Judge Strikes Down Law Censoring Marijuana Ads

A U.S. District Court Judge issued a permanent injunction against Rep. Ernest Istook's (R-OK) amendment to the Consolidated Appropriations Act of 2004, saying that, "there is a clear public interest in preventing the chilling of speech on the basis of viewpoint." The permanent injunction prohibits the enforcement of the law. Istook's amendment, which was signed into law with the rest of the omnibus appropriations bill by the president, prohibits any transit agency receiving federal funds from running advertisements from groups that want to decriminalize marijuana or other Schedule I substances for medical or other purposes. On February 18, 2004, a coalition of national drug policy reform groups -- including the American Civil Liberties Union, Change the Climate, Inc., the Drug Policy Alliance, and the Marijuana Policy Project -- brought suit against Secretary of Transportation Norman Mineta and the United States, because their free speech right to advocate on behalf of policy issues was being violated.

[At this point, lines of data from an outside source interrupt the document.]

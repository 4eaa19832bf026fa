//! The initial values of global numbers and pointers.

ghost use Rattle.std.specs.Prelude.{◌≡◌, ◌<◌, ◌≤◌, length, OnOk};
ghost use Rattle.cxx_expr.specs.Outcome.{Reads};
ghost use Rattle.cxx_expr.specs.Tokens as tokens;
ghost use Rattle.cxx_parse.specs.Constants as grammar;

use agxx_base::{Keyword, Sign};
use cxx_expr::{Parser, Stop, Word};
use cxx_tree::Const;

/// Behind `-`.
#[tactic(auto, unfolding(crate::specs::Constants::negative))]
fn negative(words: &mut Parser<'_>) -> Result<Const, Stop>
    ensures reads { Reads (λ c. c) (grammar.negative words.old) result words.new }
    ensures left { length words.new ≤ length words.old }
    ensures eats { OnOk result (length words.new < length words.old) }
{
    let Some(next) = words.peek() else {
        return Err(Stop::Syntax);
    };
    let Word::Number(number) = next.item else {
        return Err(Stop::Syntax);
    };
    words.advance();
    Ok(Const::Number(true, number))
}

/// What this word, which comes next, begins.
fn constant_at(words: &mut Parser<'_>, word: Word<'_>) -> Result<Const, Stop>
    ensures reads { Reads (λ c. c) (grammar.constant_at (tokens.word_of word.entry) words.old)
        result words.new }
    ensures left { length words.new ≤ length words.old }
{
    let found = match word {
        Word::Number(number) => Const::Number(false, number),
        Word::Keyword(Keyword::True) => Const::Flag(true),
        Word::Keyword(Keyword::False) => Const::Flag(false),
        Word::Keyword(Keyword::Nullptr) => Const::Null,
        Word::Sign(Sign::Minus) => {
            words.advance();
            return negative(words);
        }
        _ => return Err(Stop::Syntax),
    };
    words.advance();
    Ok(found)
}

/// The initial value of a global number or pointer.
#[tactic(auto, unfolding(crate::specs::Constants::constant))]
pub(crate) fn constant(words: &mut Parser<'_>) -> Result<Const, Stop>
    ensures reads { Reads (λ c. c) (grammar.constant words.old) result words.new }
    ensures left { length words.new ≤ length words.old }
{
    let Some(next) = words.peek() else {
        return Err(Stop::Syntax);
    };
    constant_at(words, next.item)
}
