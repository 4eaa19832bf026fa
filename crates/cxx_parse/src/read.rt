//! Programs from tokens.

ghost use Rattle.std.specs.Prelude.{◌≡◌, ◌≤◌, ◌-◌, length, drop, IfOk, IfErr, OnOk};
ghost use Rattle.agxx_base.specs.declared.fault.Fault.TheVariants as fault_of;
ghost use Rattle.cxx_lex.specs.All.{IfRefused};
ghost use Rattle.cxx_lex.specs.TokList.{tokens_of as lexed_tokens};
ghost use Rattle.cxx_tree.specs.ProgramTree.{program_tree};
ghost use Rattle.cxx_tree.specs.Limits.{limits_of, grammar_of};
ghost use Rattle.cxx_expr.specs.Tokens.{tokens_of};
ghost use Rattle.cxx_stmt.specs.Dialect.{IsApart};
ghost use Rattle.cxx_parse.specs.Numbering.{IsLonger, names_of};
ghost use Rattle.cxx_parse.specs.Parsed as spec;
ghost use Rattle.cxx_parse.specs.Parsed.{
  IsProgramOf,
  IsDescent,
  IsUngrammatical,
  IsParsed,
  IsReadAs,
  IsRefused,
  SpellingIsUnique,
  ReadingIsUnique,
};

use crate::programs::program;
use crate::words::{dialect_of, lent_words, owned_words};
use agxx_base::{Fault, Mode, Names, Place, Refusal, Rule};
use cxx_expr::{Parser, Stop, WordAt};
use cxx_lex::Toks;
use cxx_stmt::Dialect;
use cxx_tree::Program;
use std::alloc::Global;

/// How deep braces, parentheses and `else if` may nest.
fn most_nesting(mode: Mode) -> usize
    ensures { result ≡ (limits_of (grammar_of mode)).nesting }
{
    match mode {
        Mode::Source => 99,
        Mode::Woven => 100,
    }
}

/// Where the program of a file that ends here begins.
fn file_start(end: Place) -> Place
    ensures { result ≡ spec.file_start end }
{
    Place {
        file: end.file,
        line: 1,
        column: 1,
    }
}

/// Where the first of the last `left` words stands, or where the file ends.
fn place_of(words: &[WordAt<'_>], left: usize, end: Place) -> Place
    requires { left ≤ length words.now }
    ensures { result ≡ spec.place_of (drop (length words.now - left) (tokens_of words.now)) end }
{
    match &words[words.len() - left..] {
        [next, ..] => next.at,
        [] => end,
    }
}

fn refused(rule: Rule, place: Place) -> Fault
    ensures { result ≡ fault_of.Refused (record { rule = rule; place = place }) }
{
    Fault::Refused(Refusal { rule, place })
}

/// The program that the words are.
fn read(
    alloc: Global,
    dialect: &Dialect,
    words: &[WordAt<'_>],
    end: Place,
) -> Result<Program, Fault>
    requires { IsApart dialect.now }
    ensures parsed { IfOk result
        (λ program. IsProgramOf dialect.now (tokens_of words.now) end (program_tree program)) }
    ensures read { IfOk result
        (λ program. IsDescent dialect.now (tokens_of words.now) end (program_tree program)) }
    ensures refused { IfErr result
        (λ fault. IfRefused fault (IsUngrammatical dialect.now (tokens_of words.now) end)) }
{
    let mut parser = Parser::new(alloc, words);
    match program(
        dialect,
        &mut parser,
        most_nesting(dialect.mode),
        file_start(end),
    ) {
        Ok(program) => Ok(program),
        Err(Stop::Syntax) => Err(refused(Rule::G1, place_of(words, parser.len(), end))),
        Err(Stop::Deep) => Err(refused(Rule::G2, place_of(words, parser.len(), end))),
        Err(Stop::Memory) => Err(Fault::Memory),
    }
}

/// The program that the tokens are, or the rule G1 or G2 that they violate. `names` gets the names of the program that
/// it lacks, and some that have a meaning at their place, and keeps all that it has; after a fault too. Each node has
/// the number 0: the normal form gives numbers.
pub fn parse_program(
    alloc: Global,
    names: &mut Names,
    toks: &Toks,
    mode: Mode,
) -> Result<Program, Fault>
    // The tree is spelled as all the tokens,
    ensures parsed { IfOk result
        (λ program. IsParsed mode names.new (lexed_tokens toks.now.items) toks.now.end
        (program_tree program)) }
    // and is the very tree that the descent reads of them, with each place in it and each number of a node;
    ensures read { IfOk result
        (λ program. IsReadAs mode names.new (lexed_tokens toks.now.items) toks.now.end
        (program_tree program)) }
    // or no tree within the limits is, and the place of G1 is the first at which no program of any size goes on.
    ensures refused { IfErr result (λ fault. IfRefused fault
        (IsRefused mode (names_of names.old (lexed_tokens toks.now.items))
        (lexed_tokens toks.now.items) toks.now.end)) }
    ensures names { OnOk result (names.new ≡ names_of names.old (lexed_tokens toks.now.items)) }
    ensures kept { IsLonger names.old names.new }
{
    let dialect = dialect_of(mode, names)?;
    let owned = owned_words(alloc, names, toks.as_slice())?;
    let words = lent_words(alloc, owned.as_slice())?;
    read(alloc, &dialect, words.as_slice(), toks.end())
}

/// Says that programs of one spelling are the same but for places and numbers of nodes. The function does nothing: it
/// carries the law.
pub fn spelling_is_unique()
    ensures { SpellingIsUnique }
{}

/// Says that tokens are read as one tree at most, places and numbers of nodes included. The function does nothing: it
/// carries the law.
pub fn reading_is_unique()
    ensures { ReadingIsUnique }
{}
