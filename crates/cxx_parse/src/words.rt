//! Tokens as the words that the parser reads.

ghost use Rattle.std.specs.Prelude.{◌≡◌, ◌≤◌, map, codes, OnOk, IfOk};
ghost use Rattle.cxx_lex.specs.TokList.{tokens_of as lexed_tokens};
ghost use Rattle.cxx_lex.specs.Tokens.{token_of as lexed_token};
ghost use Rattle.cxx_expr.specs.Tokens.{tokens_of, token_of};
ghost use Rattle.cxx_parse.specs.Numbering as numbering;
ghost use Rattle.cxx_parse.specs.Owned.{owned_word, owned_token};

use agxx_base::{Header, Keyword, Memory, Mode, NameId, Names, Sign, Text};
use cxx_expr::{Word, WordAt};
use cxx_lex::{Tok, TokKind, string_bytes};
use cxx_stmt::Dialect;
use cxx_tree::{Number, Placed};
use std::alloc::Global;

/// A token, with a name by its number and a string by the bytes that it stands for.
#[derive(Debug, Drop)]
pub(crate) enum Owned {
    Name(NameId),
    Number(Number),
    Text(Text),
    Keyword(Keyword),
    Sign(Sign),
    Include(Header),
    Pragma,
}

/// How a program is read, for which the names with a meaning get numbers.
#[tactic(auto, using(crate::proofs::Numbers::longer_names))]
pub(crate) fn dialect_of(mode: Mode, names: &mut Names) -> Result<Dialect, Memory>
    ensures dialect { IfOk result (λ d. d ≡ numbering.dialect_in mode names.new) }
    ensures names { OnOk result (names.new ≡ numbering.with_special names.old) }
    ensures kept { numbering.IsLonger names.old names.new }
{
    let std = names.intern(b"std".as_slice())?;
    let mutex = names.intern(b"mutex".as_slice())?;
    let thread = names.intern(b"thread".as_slice())?;
    let cout = names.intern(b"cout".as_slice())?;
    let endl = names.intern(b"endl".as_slice())?;
    let abort = names.intern(b"abort".as_slice())?;
    Ok(Dialect {
        mode,
        std,
        mutex,
        thread,
        cout,
        endl,
        abort,
    })
}

#[tactic(auto, using(crate::proofs::Numbers::number_of_name))]
fn owned_of(alloc: Global, names: &mut Names, tok: &Tok) -> Result<Owned, Memory>
    ensures word { IfOk result (λ o. owned_word o ≡ numbering.word_in names.new tok.now.kind tok.now.text.now) }
    ensures names { OnOk result (names.new ≡ numbering.with_name names.old tok.now.kind tok.now.text.now) }
    ensures kept { numbering.IsLonger names.old names.new }
{
    match tok.kind {
        TokKind::Name => Ok(Owned::Name(names.intern(tok.text)?)),
        TokKind::Number { value, kind } => Ok(Owned::Number(Number { bits: value, kind })),
        TokKind::Text => Ok(Owned::Text(string_bytes(alloc, tok.text)?)),
        TokKind::Include(header) => Ok(Owned::Include(header)),
        TokKind::PragmaOnce => Ok(Owned::Pragma),
        TokKind::Keyword(keyword) => Ok(Owned::Keyword(keyword)),
        TokKind::Sign(sign) => Ok(Owned::Sign(sign)),
    }
}

/// The words of the tokens, for which their names get numbers.
#[tactic(auto, using(crate::proofs::Numbers::longer_self, crate::proofs::Numbers::longer_through))]
pub(crate) fn owned_words(
    alloc: Global,
    names: &mut Names,
    toks: &[Tok],
) -> Result<Vec<Placed<Owned>>, Memory>
    ensures words { IfOk result (λ found.
        map owned_token found.items ≡ numbering.words_in names.new (lexed_tokens toks.now)) }
    ensures names { OnOk result (names.new ≡ numbering.with_names names.old (lexed_tokens toks.now)) }
    ensures kept { numbering.IsLonger names.old names.new }
{
    let mut found = Vec::new(alloc);
    let mut left = toks;
    while let [tok, rest @ ..] = left {
        let item = owned_of(alloc, names, tok)?;
        found.push(Placed { at: tok.at, item })?;
        left = rest;
    }
    Ok(found)
}

fn lent(word: &Owned) -> Word<'_>
    ensures { Rattle.cxx_expr.specs.Tokens.word_of result ≡ owned_word word.now }
{
    match word {
        Owned::Name(name) => Word::Name(*name),
        Owned::Number(number) => Word::Number(*number),
        Owned::Text(text) => Word::Text(text.bytes()),
        Owned::Keyword(keyword) => Word::Keyword(*keyword),
        Owned::Sign(sign) => Word::Sign(*sign),
        Owned::Include(header) => Word::Include(*header),
        Owned::Pragma => Word::Pragma,
    }
}

/// The words as the parser is lent them.
pub(crate) fn lent_words<'w>(
    alloc: Global,
    words: &'w [Placed<Owned>],
) -> Result<Vec<WordAt<'w>>, Memory>
    ensures { IfOk result (λ found. tokens_of found.items ≡ map owned_token words.now) }
{
    let mut found = Vec::new(alloc);
    for word in words {
        found.push(Placed {
            at: word.at,
            item: lent(&word.item),
        })?;
    }
    Ok(found)
}
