//! Whole programs.

ghost use Rattle.std.specs.Prelude.{◌≡◌, ◌≤◌, length, map};
ghost use Rattle.cxx_tree.specs.ProgramTree.{decl_tree, program_tree};
ghost use Rattle.cxx_expr.specs.Full.{most_operators};
ghost use Rattle.cxx_expr.specs.Outcome.{Reads};
ghost use Rattle.cxx_expr.specs.Tokens as tokens;
ghost use Rattle.cxx_parse.specs.Declarations as declarations;
ghost use Rattle.cxx_parse.specs.Programs as grammar;

use crate::declarations::decl;
use agxx_base::Place;
use cxx_expr::{Parser, Stop, Word};
use cxx_stmt::Dialect;
use cxx_tree::{Decl, Directive, Program};
use sqlite_items::Items;

/// The directive that comes next.
fn directive(words: &Parser<'_>) -> Option<Directive>
    ensures { result ≡ grammar.directive_next (tokens.next words.now) }
{
    let next = words.peek()?;
    match next.item {
        Word::Include(header) => Some(Directive::Include(header)),
        Word::Pragma => Some(Directive::Pragma),
        _ => None,
    }
}

/// The directives at the beginning.
fn directives(words: &mut Parser<'_>) -> Result<Items<Directive>, Stop>
    ensures reads { Reads (λ ds. ds) (grammar.directives words.old) result words.new }
    ensures left { length words.new ≤ length words.old }
{
    let mut found = Items::new(words.alloc());
    'items: while let Some(item) = directive(words) {
        words.advance();
        found.push(item)?;
    }
    Ok(found)
}

/// Declarations up to the end.
fn decls(dialect: &Dialect, words: &mut Parser<'_>, depth: usize) -> Result<Items<Decl>, Stop>
    ensures reads { Reads (map decl_tree)
        (grammar.decls (declarations.decl most_operators dialect.now depth) words.old)
        result words.new }
    ensures left { length words.new ≤ length words.old }
{
    let mut found = Items::new(words.alloc());
    'items: while !words.is_empty() {
        let item = decl(dialect, words, depth)?;
        found.push(item)?;
    }
    Ok(found)
}

/// A program that is all the words, at this place, in which braces, parentheses and `else if` nest no deeper
/// than `depth`.
#[tactic(auto, unfolding(crate::specs::Programs::program))]
pub(crate) fn program(
    dialect: &Dialect,
    words: &mut Parser<'_>,
    depth: usize,
    at: Place,
) -> Result<Program, Stop>
    ensures reads { Reads program_tree
        (grammar.program most_operators dialect.now depth at words.old)
        result words.new }
    ensures left { length words.new ≤ length words.old }
{
    let directives = directives(words)?;
    let decls = decls(dialect, words, depth)?;
    Ok(Program {
        at,
        directives,
        decls,
    })
}
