//! The parser of programs: from tokens to trees. The layer above calls `parse_program`, and cites `Parsed` and
//! `Numbering` of the definitions.
//!
//! Each rule of the grammar is a function of the code, and the same function is defined over lists of words in
//! `specs/`. What the answers mean is told without it, by the spelling of trees; but by it the places in a tree are
//! told too.
#![tactic(auto)]

mod classes;
mod constants;
mod declarations;
mod programs;
mod read;
mod words;

pub use read::{parse_program, reading_is_unique, spelling_is_unique};
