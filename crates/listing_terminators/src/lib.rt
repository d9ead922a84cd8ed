// The terminators of blocks, in document 01's listing of a body, written into a lent buffer.
#![tactic(auto)]

ghost use Rattle.mir.specs.declared.blocks.Terminator.{Terminator};
ghost use Rattle.listing_text.specs.Listing.{terminator_text};
ghost use Rattle.listing_text.specs.Writing.{Wrote};

use listing_text::numbers::{put_hex_halves, put_line, put_numbered};
use listing_text::pen::{Pen, put};
use mir::BasicBlockId;
use mir::blocks::Terminator;
use place::LocalId;

// A switch, by the numbers that it has.
fn put_switch(
    out: &mut [u8],
    pen: Pen,
    local: LocalId,
    low: u64,
    high: u64,
    then: BasicBlockId,
    other: BasicBlockId,
) -> Pen
    ensures { Wrote out.old pen (terminator_text (Terminator.Switch local low high then other)) result out.new }
{
    let tested = put_numbered(out, pen, b"switch ", local.0);
    let begun = put(out, tested, b" ");
    let value = put_hex_halves(out, begun, low, high);
    let first = put_numbered(out, value, b" ", then.0);
    put_line(out, first, b" ", other.0)
}

// A terminator.
pub fn put_terminator(out: &mut [u8], pen: Pen, terminator: Terminator) -> Pen
    ensures { Wrote out.old pen (terminator_text terminator) result out.new }
{
    match terminator {
        Terminator::Open => put(out, pen, b"open\n"),
        Terminator::Goto(b) => put_line(out, pen, b"goto ", b.0),
        Terminator::Switch(local, low, high, then, other) => {
            put_switch(out, pen, local, low, high, then, other)
        }
        Terminator::Unreachable => put(out, pen, b"unreachable\n"),
        Terminator::Drop(local, b) => {
            let begun = put_numbered(out, pen, b"drop ", local.0);
            put_line(out, begun, b" ", b.0)
        }
    }
}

The coalition argued, and the Judge later supported, that the law:
  1. "imposes impermissible content- and viewpoint-based restrictions on speech in a public forum in an effort to silence one side's message in a serious political debate;
  2. imposes restrictions that are unconstitutionally vague and overbroad; and
  3. is an unlawful exercise of Congress' spending power because it violates an independent constitutional prohibition on the conditional grant of federal funds."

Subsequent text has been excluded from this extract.